Я постучал по обшивке самолета. Мой визави вскочил и побежал по проходу. Вслед за ним я перелетел к носу самолета и увидел, что мой сопроматчик с ужимками Луи де Фюнеса что-то оживленно объясняет стюардессе. Стюардесса успокаивающе покачивала головой, делая вид, что все понимает. Видимо, слова моего недруга были очень громки, — проходящий мимо них второй пилот вопросительно и незаметно для моего преподавателя посмотрел на стюардессу, она выразительно покачала пальцем у виска. Видя жест стюардессы, я вспомнил, что точно так же мой преподаватель оценил мои знания по сопромату на первом экзамене; что ж, все наши слова, жесты, поступки — бумеранг.
Я и незнакомка взялись за руки и легли на воздух, как на морскую воду. Я почувствовал, что воздух изменился, стал мягче. Я вопросительно встрепенулся.
— Лежи, — сказала она, — это рассвет.
Голос у нее был совсем земной: грустный, чуть тревожный.
Я снова прикрыл глаза…
— А будильник не звонил? — обеспокоился я по старой земной привычке.
— Не звонил, — улыбнувшись, ответила она и провела ладонью по моим волосам.
Я все вспомнил и посмотрел вниз. Сердце мое опало, и мне показалось, что просочилось из меня и понеслось навстречу лесам.
Мы вернулись, когда Луна стала уже совсем прозрачной. Она словно дожидалась нас, потому не уходила. У нее было недовольное лицо.
Я все держал руку моей избранницы.
— Прощай, — сказала она.
— Как «прощай»? — я снова почувствовал свое сердце. — А я?
— Тебе не будет так хорошо во второй раз.
Она грустно улыбнулась одними глазами, и я понял, что мы никогда уже не увидимся. Совсем никогда. И я понял, что не нужно никаких слов.
Она махнула мне рукой и исчезла. Я почувствовал слезы на лице. Я не плакал уже давно, с самого детства, а может, не плакал и тогда. Она улетела, и я почувствовал прощальное колебание воздуха у своих губ. Мне хотелось крикнуть ей что-нибудь вслед, но что? — там, в небе, я нашел бы что сказать ей.
Ночной воздух свеж, бодрящ — еще ночь, но зрение, нет, не зрение — какое-то внутреннее чувство улавливает: рассвет приближается и тьма становится все прозрачнее, как бы поедая сама себя. Ей нет дела до людей — у нее свои законы жизни.
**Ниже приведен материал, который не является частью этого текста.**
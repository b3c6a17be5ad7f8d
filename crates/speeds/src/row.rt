// The rows that are measured of all collections.
use crate::measured::Measured;
use imm_base::Val;
use std::alloc::Global;

/// What is done with a collection.
#[derive(Clone, Copy, Debug, PartialEq, Eq)]
pub(crate) enum Row {
    Build,
    Add,
    LookUp,
    Remove,
    Set,
    Iterate,
    Walk,
    Change,
    Publish,
}

pub(crate) const ROWS: [Row; 9] = [
    Row::Build,
    Row::Add,
    Row::LookUp,
    Row::Remove,
    Row::Set,
    Row::Iterate,
    Row::Walk,
    Row::Change,
    Row::Publish,
];

impl Row {
    /// The word for the row.
    pub(crate) fn word(self) -> &'static str {
        match self {
            Row::Build => "build",
            Row::Add => "add",
            Row::LookUp => "lookup",
            Row::Remove => "remove",
            Row::Set => "set",
            Row::Iterate => "iterate",
            Row::Walk => "walk",
            Row::Change => "change",
            Row::Publish => "publish",
        }
    }

    // How often the call is made on so many elements.
    fn calls(self, count: u32) -> u32 {
        match self {
            Row::Build | Row::Iterate | Row::Walk | Row::Publish => 1,
            Row::Add | Row::Remove | Row::Set => 1_000,
            Row::LookUp => 100_000,
            Row::Change => count / 10,
        }
    }

    /// How many operations the calls are on so many elements: to build, to iterate and to walk is
    /// one an element, and to publish is one for each change before it.
    pub(crate) fn operations(self, count: u32) -> u32 {
        match self {
            Row::Build | Row::Iterate | Row::Walk => count,
            Row::Publish => Row::Change.calls(count),
            _ => self.calls(count),
        }
    }

    /// What is done before the row, and is no part of it: a builder is published before it is
    /// changed, and changed before it is published.
    pub(crate) fn before(self) -> Option<Row> {
        match self {
            Row::Change => Some(Row::Publish),
            Row::Publish => Some(Row::Change),
            _ => None,
        }
    }
}

// The next number of a sequence that goes all over a collection.
fn next_number(number: u32) -> u32 {
    number.wrapping_mul(1_664_525).wrapping_add(1_013_904_223)
}

/// What the calls of the row come to, on the collection of so many values. `None`: the collection
/// has no such call, or one failed.
pub(crate) fn work<C: Measured>(
    alloc: Global,
    row: Row,
    base: &mut C,
    values: &[Val],
    count: u32,
) -> Option<u64> {
    if row == Row::Build {
        return C::build(alloc, values).map(|_collection| 1);
    }
    let mut sum = 0u64;
    let mut number = 0u32;
    for _ in 0..row.calls(count) {
        number = next_number(number);
        let place = number / 16 % count.max(1);
        sum = sum.wrapping_add(base.call(alloc, row, place)?);
    }
    Some(sum)
}
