// Stacks and queues, whose calls reach one end alone.
use crate::measured::{Measured, changed, other, sum_of_all, value_behind, value_of};
use crate::row::Row;
use imm_base::Val;
use queue_stack::{ImmQueue, ImmStack};
use std::alloc::Global;

impl Measured for ImmStack<Val> {
    const NAME: &'static str = "stack";

    fn build(alloc: Global, values: &[Val]) -> Option<Self> {
        let mut stack = ImmStack::new();
        for value in values {
            stack = other(stack.push(alloc, *value))?;
        }
        Some(stack)
    }

    fn call(&mut self, alloc: Global, row: Row, number: u32) -> Option<u64> {
        match row {
            Row::Add => changed(self.push(alloc, value_behind(number))),
            Row::LookUp => Some(u64::from(self.peek().is_ok())),
            Row::Remove => changed(self.pop(alloc)),
            Row::Iterate => sum_of_all(self.to_vec(alloc)),
            _ => None,
        }
    }
}

impl Measured for ImmQueue<Val> {
    const NAME: &'static str = "queue";

    // One value more is taken out again: then the others stand at the front, and not at the back
    // where the first to be taken out turns all of them round.
    fn build(alloc: Global, values: &[Val]) -> Option<Self> {
        let mut queue = other(ImmQueue::new().enqueue(alloc, value_of(0)))?;
        for value in values {
            queue = other(queue.enqueue(alloc, *value))?;
        }
        other(queue.dequeue(alloc))
    }

    fn call(&mut self, alloc: Global, row: Row, number: u32) -> Option<u64> {
        match row {
            Row::Add => changed(self.enqueue(alloc, value_behind(number))),
            Row::LookUp => Some(u64::from(self.peek().is_ok())),
            Row::Remove => changed(self.dequeue(alloc)),
            Row::Iterate => sum_of_all(self.to_vec(alloc)),
            _ => None,
        }
    }
}
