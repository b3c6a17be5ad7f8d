// Builders, which are changed in place and published again and again.
ghost use Rattle.std.specs.Prelude.{◌<◌, ◌-◌, ◌^◌};

use crate::measured::{Measured, sum_of_walk, value_of};
use crate::row::Row;
use builders::{DictBuilder, HashSetBuilder, ListBuilder, MapBuilder, SetBuilder};
use enumerators::Walked;
use imm_base::{Step, Val, ValEq, ValOrder};
use imm_dictionary::{Dict, ImmHashSet};
use imm_list::ImmList;
use sorted_maps::SortedMap;
use sorted_sets::SortedSet;
use std::alloc::Global;

/// What is done with one element.
#[derive(Clone, Copy)]
pub(crate) enum Change {
    PutIn,
    TakeOut,
}

/// A builder whose calls are measured, of the same elements as a collection.
pub(crate) trait Built: Walked + Drop + Sized {
    /// What it is called in the output.
    const NAME: &'static str;

    /// The immutable collection.
    type Collection: Drop;

    /// A builder of nothing. `None`: for want of memory.
    fn empty() -> Option<Self>;

    /// Makes the change with the element of the number. `None`: it was refused.
    fn change(&mut self, alloc: Global, change: Change, number: u32) -> Option<Step>
        requires { Self.changes self.old < 2 ^ 64 - 1 };

    /// The collection as it is now. `None`: for want of memory.
    fn publish(&mut self, alloc: Global) -> Option<Self::Collection>;
}

/// A builder in the place of a collection, and what it published last, which keeps its nodes.
#[derive(Drop)]
pub(crate) struct InPlace<B: Built> {
    builder: B,
    published: Option<B::Collection>,
}

impl<B: Built> InPlace<B> {
    fn change(&mut self, alloc: Global, change: Change, number: u32) -> Option<Step> {
        if self.builder.version() == u64::MAX {
            return None;
        }
        self.builder.change(alloc, change, number)
    }
}

impl<B: Built> Measured for InPlace<B> {
    const NAME: &'static str = B::NAME;

    fn build(alloc: Global, values: &[Val]) -> Option<Self> {
        let mut built = InPlace {
            builder: B::empty()?,
            published: None,
        };
        for number in 0..u32::try_from(values.len()).ok()? {
            let _step = built.change(alloc, Change::PutIn, number)?;
        }
        Some(built)
    }

    fn call(&mut self, alloc: Global, row: Row, number: u32) -> Option<u64> {
        match row {
            Row::Walk => sum_of_walk(alloc, &mut self.builder),
            Row::Change => {
                let out = self.change(alloc, Change::TakeOut, number)?;
                let back = self.change(alloc, Change::PutIn, number)?;
                Some(u64::from(out == Step::New && back == Step::New))
            }
            Row::Publish => {
                self.published = Some(self.builder.publish(alloc)?);
                Some(1)
            }
            _ => None,
        }
    }
}

impl Built for ListBuilder<Val> {
    const NAME: &'static str = "list builder";

    type Collection = ImmList<Val>;

    fn empty() -> Option<Self> {
        ListBuilder::from(&ImmList::new()).ok()
    }

    fn change(&mut self, alloc: Global, change: Change, number: u32) -> Option<Step> {
        match change {
            Change::PutIn => self.insert(alloc, number, value_of(number)).ok(),
            Change::TakeOut => self.remove_at(alloc, number).ok(),
        }
    }

    fn publish(&mut self, alloc: Global) -> Option<ImmList<Val>> {
        self.to_immutable(alloc).ok()
    }
}

impl Built for SetBuilder<Val, ValOrder> {
    const NAME: &'static str = "sorted set builder";

    type Collection = SortedSet<Val, ValOrder>;

    fn empty() -> Option<Self> {
        SetBuilder::from(&SortedSet::new(ValOrder::Ordinal)).ok()
    }

    fn change(&mut self, alloc: Global, change: Change, number: u32) -> Option<Step> {
        match change {
            Change::PutIn => self.add(alloc, value_of(number)).ok(),
            Change::TakeOut => self.remove(alloc, &value_of(number)).ok(),
        }
    }

    fn publish(&mut self, alloc: Global) -> Option<SortedSet<Val, ValOrder>> {
        self.to_immutable(alloc).ok()
    }
}

impl Built for MapBuilder<Val, Val, ValOrder> {
    const NAME: &'static str = "sorted map builder";

    type Collection = SortedMap<Val, Val, ValOrder>;

    fn empty() -> Option<Self> {
        MapBuilder::from(&SortedMap::new(ValOrder::Ordinal)).ok()
    }

    fn change(&mut self, alloc: Global, change: Change, number: u32) -> Option<Step> {
        match change {
            Change::PutIn => self.add(alloc, value_of(number), value_of(number)).ok(),
            Change::TakeOut => self.remove(alloc, &value_of(number)).ok(),
        }
    }

    fn publish(&mut self, alloc: Global) -> Option<SortedMap<Val, Val, ValOrder>> {
        self.to_immutable(alloc).ok()
    }
}

impl Built for DictBuilder<Val, Val, ValEq> {
    const NAME: &'static str = "dictionary builder";

    type Collection = Dict<Val, Val, ValEq>;

    fn empty() -> Option<Self> {
        DictBuilder::from(&Dict::new(ValEq::Ordinal)).ok()
    }

    fn change(&mut self, alloc: Global, change: Change, number: u32) -> Option<Step> {
        match change {
            Change::PutIn => self.add(alloc, value_of(number), value_of(number)).ok(),
            Change::TakeOut => self.remove(alloc, &value_of(number)).ok(),
        }
    }

    fn publish(&mut self, _alloc: Global) -> Option<Dict<Val, Val, ValEq>> {
        self.to_immutable().ok()
    }
}

impl Built for HashSetBuilder<Val, ValEq> {
    const NAME: &'static str = "hash set builder";

    type Collection = ImmHashSet<Val, ValEq>;

    fn empty() -> Option<Self> {
        HashSetBuilder::from(&ImmHashSet::new(ValEq::Ordinal)).ok()
    }

    fn change(&mut self, alloc: Global, change: Change, number: u32) -> Option<Step> {
        match change {
            Change::PutIn => self.add(alloc, value_of(number)).ok(),
            Change::TakeOut => self.remove(alloc, &value_of(number)).ok(),
        }
    }

    fn publish(&mut self, _alloc: Global) -> Option<ImmHashSet<Val, ValEq>> {
        self.to_immutable().ok()
    }
}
Пустынный город похож на декорации, не облагороженные теплом человеческих голосов, ночь впитала эти голоса, чтобы знать, о чем люди говорили днем и почему при появлении темноты они прячутся за крепости каменных домов, словно ночь их главный враг.
Небо ночью однородно, словно пронизано одной и той же мыслью.
Ровные крыши лежат под моим окном, трубы на них — как пни, оставшиеся от высоких деревьев. Одинокие окна горят, как маяки. Я растворяю окно в небо, и оно льется в комнату ровным потоком, обвивает меня сладким холодом, я как бы становлюсь тоньше, сердце бьется сильнее в ожидании чего-то, но это чувство быстро пропадает.
Раньше я встречал рассвет с радостью необычайной, теперь же он наступал на меня, давил, мешал дышать, словно не свет это был, а дым. Небо стало при нем неродным, чужим. Утренние вороны, медленно плавающие над балконом, казались мне сгустками ночи.
Из-за горизонта показался луч, его догнал другой, и этим утром я впервые встретил их с ненавистью. Мне показалось, что они искали в воздухе мою ведьму, чтобы сделать ей плохое, и только притворялись добрыми, а на самом деле несли зло.
Показалось солнце. Оно шло походкой старого пенсионера. Мне было неприятно смотреть на него.
Я вернулся в комнату и задернул штору. Снова стало темно, настала ночь, и я краешком сердца ждал появления ночной гостьи. Наивное сердце! — единственный мой дар! — не стучи в ожидании чуда, — волшебство бывает лишь однажды, поэтому оно и волшебство.